Planning vehicle routes remains more of an art than science. While the dispatcher may know what needs to be delivered where, before the vehicle leaves the depot, he or she does not know what orders to pick up goods will come in once the trucks are en route.
“All day long new orders come in, existing ones are cancelled or changed, but no more real planning takes place,” says Axel Simroth of the Fraunhofer Institute for Transportation and Infrastructure Systems. Dispatchers build a safety margin into route plans, but if they allow too great a margin, they waste capacity. If they allow too little, deliveries and pick-ups are late.

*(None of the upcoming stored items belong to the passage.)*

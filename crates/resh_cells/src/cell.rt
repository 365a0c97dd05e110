/// The name of a cell.
#[derive(Debug, Drop, Clone, Copy, PartialEq, Eq)]
pub enum Cell {
    Coordinator,
    Shard { shard: u32 },
    /// A lane of a recipient.
    Lane { recipient: u32, lane: u32 },
    /// A recipient's link to a donor.
    Link { recipient: u32, donor: u32 },
    Client { client: u32 },
}
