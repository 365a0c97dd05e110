use crate::cells::Cells;
use crate::cuts::Sent;
use resh_command::Replies;
use resh_coord::Coordinator;
use resh_donor::Donor;
use resh_fetcher::Link;
use resh_lane::Lane;
use resh_recip::Recipient;
use resh_shard::{Shard, Which};
use std::marker::Model;

/// A shard with its two machines.
#[derive(Debug, Drop)]
pub struct ShardCell {
    pub shard: Shard,
    pub donor: Donor,
    pub recipient: Recipient,
}

/// A lane, which contracts see without its room.
#[derive(Debug, Drop)]
pub struct LaneCell {
    pub lane: Lane,
}

impl Model for LaneCell {
    ghost use Rattle.resh_lane.specs.Lanes.{LaneOf, lane_code};

    ghost Value = { LaneOf };

    ghost coded = { lane_code };

    ghost view = { λ c. c.lane.state };
}

/// A link, and all pieces that it ever cut, by lane.
#[derive(Debug, Drop)]
pub struct LinkCell {
    pub link: Link,
    pub sent: Sent,
}

/// The map that a client knows, and its replies.
#[derive(Debug, Drop)]
pub struct ClientCell {
    pub knows: Which,
    pub replies: Replies,
}

/// The clocks, in the shapes of the cells.
#[derive(Debug, Drop)]
pub struct Clocks {
    pub control: u64,
    pub shards: Cells<u64>,
    pub lanes: Cells<Cells<u64>>,
    pub links: Cells<Cells<u64>>,
    pub clients: Cells<u64>,
}

/// A cluster.
#[derive(Debug, Drop)]
pub struct Cluster {
    pub control: Coordinator,
    pub shards: Cells<ShardCell>,
    pub lanes: Cells<Cells<LaneCell>>,
    pub links: Cells<Cells<LinkCell>>,
    pub clients: Cells<ClientCell>,
    pub clocks: Clocks,
}
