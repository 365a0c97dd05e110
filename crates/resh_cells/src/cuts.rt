ghost use Rattle.std.specs.Prelude.{◌≡◌, ◌≤◌, [], ◌++◌, length, take, IfOk, OnErr, OnOk};
ghost use Rattle.std.specs.Option.{option_copied};
ghost use Rattle.resh_cells.specs.Cuts.{last_cut, AreBelow};

use crate::cells::Cells;
use resh_oplog::Piece;
use resh_split::Pieces;
use resh_value::NoMemory;
use std::alloc::Global;
use std::marker::Model;

/// All pieces that a link ever cut for one lane, in that order; contracts see the list of them.
#[derive(Debug, Drop)]
pub struct Cuts {
    pieces: Vec<Piece>,
    // above the position of each of them
    end: u64,
}

/// The pieces that a link ever cut, by lane.
pub type Sent = Cells<Cuts>;

impl Model for Cuts {
    ghost use Rattle.std.specs.Prelude.{List};
    ghost use Rattle.std.specs.Coded.{coded_list};
    ghost use Rattle.resh_cells.specs.Cuts.{AreBelow};
    ghost use Rattle.resh_oplog.specs.contracts.piece.Piece as piece;
    ghost use Rattle.resh_oplog.specs.declared.piece.Piece.{Piece};

    ghost Value = { List Piece };

    ghost coded = { coded_list piece.the_row.coded };

    ghost view = { λ c. c.pieces.items };

    ghost invariant = { λ c. AreBelow c.end c.pieces.items };
}

impl Cuts {
    /// No pieces.
    pub fn new(alloc: Global) -> Cuts
        ensures { result ≡ [] }
    {
        Cuts {
            pieces: Vec::new(alloc),
            end: 0,
        }
    }

    /// How many pieces there are.
    pub fn len(&self) -> u64
        ensures { result ≡ length self.now }
    {
        self.pieces.len() as u64
    }

    /// The piece of a position that was cut last; `None` exactly where none was.
    #[tactic(auto, using(crate::proofs::LastCut::none_past))]
    pub fn last(&self, position: u64) -> Option<&Piece>
        ensures { option_copied result ≡ last_cut self.now position }
    {
        if position >= self.end {
            return None;
        }
        self.pieces
            .iter()
            .rev()
            .find(|piece| piece.position == position)
    }

    /// Puts pieces behind those that are there. Want of memory leaves all as it was.
    #[tactic(auto, using(crate::proofs::Below::below_both))]
    pub fn append(&mut self, more: Pieces) -> Result<(), NoMemory>
        ensures ok { OnOk result (self.new ≡ self.old ++ more) }
        ensures unchanged { OnErr result (self.new ≡ self.old) }
    {
        let mut more = more.into_vec();
        let end = end_of(self.end, more.as_slice())?;
        match self.pieces.append(&mut more) {
            Ok(()) => {
                self.end = end;
                Ok(())
            }
            Err(_) => Err(NoMemory),
        }
    }

    /// Takes the last pieces away, so that so many are left.
    #[tactic(auto, using(crate::proofs::Below::below_front))]
    pub fn truncate(&mut self, len: u64)
        ensures { self.new ≡ take len self.old }
    {
        self.pieces.truncate(len as usize);
    }
}

/// A position above an end and above those of some pieces, the last of which stands highest; want of memory where it
/// doesn't.
#[tactic(auto, using(crate::proofs::Below::below_by_test))]
fn end_of(end: u64, pieces: &[Piece]) -> Result<u64, NoMemory>
    ensures end { IfOk result (λ above. end ≤ above) }
    ensures pieces { IfOk result (λ above. AreBelow above pieces.now) }
{
    let above = match pieces.last() {
        Some(last) => last.position.saturating_add(1).max(end),
        None => end,
    };
    if pieces.iter().all(|piece| piece.position < above) {
        return Ok(above);
    }
    Err(NoMemory)
}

In a joint project with logistics experts from GTS Systems and Consulting GmbH, Simroth and colleagues are developing decision support systems that can replan routes as new orders come in. The software program creates vehicle route plans in real time, dynamically making allowance for the order situation. Additional orders received at short notice are taken into account from the outset, using optimisation algorithms and forecasting systems based on previous experience, for example, factoring in which areas most jobs come in at short notice.
The system re-jigs the route to take in these changes as efficiently as possible, and calculates how much extra time to allow.
When new jobs are received at short notice, the software calculates which driver can best take care of them and builds them into the schedule in a way that involves as few diversions as possible.
The planning software sees the big picture that it would be impossible for a single dispatcher to take in, considering all the vehicles, drivers and routes at the same time,” says Simroth. By coordinating the vehicles, we are able to utilise them as much as 30 percent more efficiently, particularly on local routes.”
The first prototype of the dynamic vehicle route planner will be ready for testing in day-to-day operations in 2008.